Each record that follows should be reproduced in full, character for character.

Segment Open

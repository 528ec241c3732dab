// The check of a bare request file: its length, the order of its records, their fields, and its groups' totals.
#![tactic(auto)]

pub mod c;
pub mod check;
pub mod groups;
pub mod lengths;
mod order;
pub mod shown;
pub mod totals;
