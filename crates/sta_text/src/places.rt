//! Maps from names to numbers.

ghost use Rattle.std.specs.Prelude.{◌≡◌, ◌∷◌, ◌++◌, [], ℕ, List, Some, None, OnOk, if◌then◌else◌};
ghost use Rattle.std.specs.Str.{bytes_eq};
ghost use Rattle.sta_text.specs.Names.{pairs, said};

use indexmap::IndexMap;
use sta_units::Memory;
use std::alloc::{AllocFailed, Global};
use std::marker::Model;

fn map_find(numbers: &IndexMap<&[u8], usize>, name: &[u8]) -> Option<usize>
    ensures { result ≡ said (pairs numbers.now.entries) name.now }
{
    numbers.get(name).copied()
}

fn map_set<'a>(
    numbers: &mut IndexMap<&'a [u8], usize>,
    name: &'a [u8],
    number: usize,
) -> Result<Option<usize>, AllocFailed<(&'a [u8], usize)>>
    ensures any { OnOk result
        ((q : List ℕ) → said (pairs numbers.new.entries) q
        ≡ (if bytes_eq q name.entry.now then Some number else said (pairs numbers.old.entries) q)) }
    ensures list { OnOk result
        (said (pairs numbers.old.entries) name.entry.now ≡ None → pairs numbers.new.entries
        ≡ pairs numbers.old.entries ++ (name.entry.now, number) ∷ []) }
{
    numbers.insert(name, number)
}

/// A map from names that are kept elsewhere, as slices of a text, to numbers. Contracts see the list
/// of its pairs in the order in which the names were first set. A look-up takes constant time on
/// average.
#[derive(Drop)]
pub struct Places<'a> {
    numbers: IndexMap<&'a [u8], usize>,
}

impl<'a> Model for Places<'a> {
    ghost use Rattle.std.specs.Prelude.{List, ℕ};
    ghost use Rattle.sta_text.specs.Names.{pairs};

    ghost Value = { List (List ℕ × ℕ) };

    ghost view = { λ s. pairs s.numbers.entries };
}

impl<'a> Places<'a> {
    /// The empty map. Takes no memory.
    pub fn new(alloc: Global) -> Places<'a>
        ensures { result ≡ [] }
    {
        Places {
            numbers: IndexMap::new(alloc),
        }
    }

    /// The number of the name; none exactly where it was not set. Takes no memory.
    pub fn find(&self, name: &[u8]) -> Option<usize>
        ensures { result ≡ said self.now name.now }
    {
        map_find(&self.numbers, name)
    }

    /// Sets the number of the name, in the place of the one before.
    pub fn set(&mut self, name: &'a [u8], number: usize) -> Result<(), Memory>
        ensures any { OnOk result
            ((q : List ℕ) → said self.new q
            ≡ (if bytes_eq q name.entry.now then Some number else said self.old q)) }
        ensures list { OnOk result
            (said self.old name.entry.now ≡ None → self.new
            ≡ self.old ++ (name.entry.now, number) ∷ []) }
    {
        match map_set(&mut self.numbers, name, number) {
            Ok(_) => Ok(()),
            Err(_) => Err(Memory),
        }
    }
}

Segment Closed

# WRITTEN SOLUTION:
repository 528ec241c3732dab
// The check of a bare request file: its length, the order of its records, their fields, and its groups' totals.
#![tactic(auto)]

pub mod c;
pub mod check;
pub mod groups;
pub mod lengths;
mod order;
pub mod shown;
pub mod totals;
filename crates/sta_text/src/places.rt
//! Maps from names to numbers.

ghost use Rattle.std.specs.Prelude.{◌≡◌, ◌∷◌, ◌++◌, [], ℕ, List, Some, None, OnOk, if◌then◌else◌};
ghost use Rattle.std.specs.Str.{bytes_eq};
ghost use Rattle.sta_text.specs.Names.{pairs, said};

use indexmap::IndexMap;
use sta_units::Memory;
use std::alloc::{AllocFailed, Global};
use std::marker::Model;

fn map_find(numbers: &IndexMap<&[u8], usize>, name: &[u8]) -> Option<usize>
    ensures { result ≡ said (pairs numbers.now.entries) name.now }
{
    numbers.get(name).copied()
}

fn map_set<'a>(
    numbers: &mut IndexMap<&'a [u8], usize>,
    name: &'a [u8],
    number: usize,
) -> Result<Option<usize>, AllocFailed<(&'a [u8], usize)>>
    ensures any { OnOk result
        ((q : List ℕ) → said (pairs numbers.new.entries) q
        ≡ (if bytes_eq q name.entry.now then Some number else said (pairs numbers.old.entries) q)) }
    ensures list { OnOk result
        (said (pairs numbers.old.entries) name.entry.now ≡ None → pairs numbers.new.entries
        ≡ pairs numbers.old.entries ++ (name.entry.now, number) ∷ []) }
{
    numbers.insert(name, number)
}

/// A map from names that are kept elsewhere, as slices of a text, to numbers. Contracts see the list
/// of its pairs in the order in which the names were first set. A look-up takes constant time on
/// average.
#[derive(Drop)]
pub struct Places<'a> {
    numbers: IndexMap<&'a [u8], usize>,
}

impl<'a> Model for Places<'a> {
    ghost use Rattle.std.specs.Prelude.{List, ℕ};
    ghost use Rattle.sta_text.specs.Names.{pairs};

    ghost Value = { List (List ℕ × ℕ) };

    ghost view = { λ s. pairs s.numbers.entries };
}

impl<'a> Places<'a> {
    /// The empty map. Takes no memory.
    pub fn new(alloc: Global) -> Places<'a>
        ensures { result ≡ [] }
    {
        Places {
            numbers: IndexMap::new(alloc),
        }
    }

    /// The number of the name; none exactly where it was not set. Takes no memory.
    pub fn find(&self, name: &[u8]) -> Option<usize>
        ensures { result ≡ said self.now name.now }
    {
        map_find(&self.numbers, name)
    }

    /// Sets the number of the name, in the place of the one before.
    pub fn set(&mut self, name: &'a [u8], number: usize) -> Result<(), Memory>
        ensures any { OnOk result
            ((q : List ℕ) → said self.new q
            ≡ (if bytes_eq q name.entry.now then Some number else said self.old q)) }
        ensures list { OnOk result
            (said self.old name.entry.now ≡ None → self.new
            ≡ self.old ++ (name.entry.now, number) ∷ []) }
    {
        match map_set(&mut self.numbers, name, number) {
            Ok(_) => Ok(()),
            Err(_) => Err(Memory),
        }
    }
}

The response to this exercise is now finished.